How quickly those projects can generate CERs, and how quickly those CERs can be used for compliance, is still worrying some. The UN’s International Transaction Log (ITL) – which will track Kyoto Protocol credit trades – is not expected to be operating until 2007 and any delays could make it impossible for European companies to use CERs in the first phase of the EU ETS.

But despite these uncertainties – or possibly because of them – speculators see possibilities in trading both CERs and EUAs, and arbitraging between them, says Chris Norton, UK-based head of the environmental and climate practice at Baker & McKenzie. The international law firm was the first of its peers to establish a team specialising in carbon trading, back in 1999, and its depth of experience has helped it again win Best Law Firm, this time in both the EU ETS and Kyoto Credits categories.

“We’re seeing a number of entrepreneurs coming into the market, wealthy individuals who see that there are arbitrage opportunities in the CDM,” he says. Baker & McKenzie has also been advising some of the growing number of carbon funds that have been launched – either to provide their investors with credits for compliance, or with cash returns from successfully trading in the market.

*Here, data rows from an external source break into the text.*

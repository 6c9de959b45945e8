#![tactic(auto)]

// Runs of tapes, compared byte for byte with logs worked out by hand from the rules.
#[cfg(test)]
mod common;
#[cfg(test)]
mod example;
#[cfg(test)]
mod refusals;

But even outside Kyoto Protocol-related markets, carbon trading schemes have either been launched, or are contemplated. In Australia, the Labour-run state governments are considering banding together to introduce a cap-and-trade scheme over the head of the Liberal federal government. Indeed, New South Wales is in the third year of its GHG Abatement Scheme, which caps carbon emissions from its power sector.

“The scheme has been a huge success. The states are essentially looking to expand it into a national system,” says Ken Edwards, director of Next Generation Energy Solutions. His firm, which was voted both Best Broker in NSW GHGs, and won the Australian green certificates category, was set up in 2000, and has been broking environmental products since 2001.

Trading in the GHG market, which covers around 15 participants, can be sporadic – although he says that it traded every day in October. Since the scheme was launched in January 2003, around 12 million allowances have been created, and around 5.5 million tonnes have been traded, he says.

“Lots of people have been working with the NSW government to learn about trading – it’s the first scheme to include carbon sequestration,” he says. “But we need to get a national scheme going,” he adds.

Similarly, in the US, state-level schemes on both coasts are under development in the face of opposition from the White House to binding GHG caps. David Oppenheimer, managing director of long-established environmental broker Natsource – which pipped rival Evolution Markets to the Best Broker, North America prize – says that “our US clients are looking to be environmentally proactive by investing in the GHG market.

“We’re advising some clients on making purchases or evaluating opportunities internally that will stand them in good stead when regulations exist,” he continues. But, in comparison with Canada, where “people are finally able to look at the obligations they will have in coming years”, it’s still very days for a US carbon markets. “I’d rather there were more US companies doing transactions,” Oppenheimer adds.

 

BOX - How the survey was conducted

More than 1,500 companies were approached in October and November and asked to nominate the leading brokers, dealers, and advisors in emissions allowances, weather derivatives and renewable energy certificates, via an online survey. Voters were asked to vote only in those categories in which they had direct experience and to make their judgements on the basis of: efficiency and speed of transaction; reliability; innovation; quality of information and service provided and influence on the market, not just the volume of transactions handled. More than 700 completed responses were received.

Only one vote per company was allowed and those firms that nominated themselves had their votes disregarded.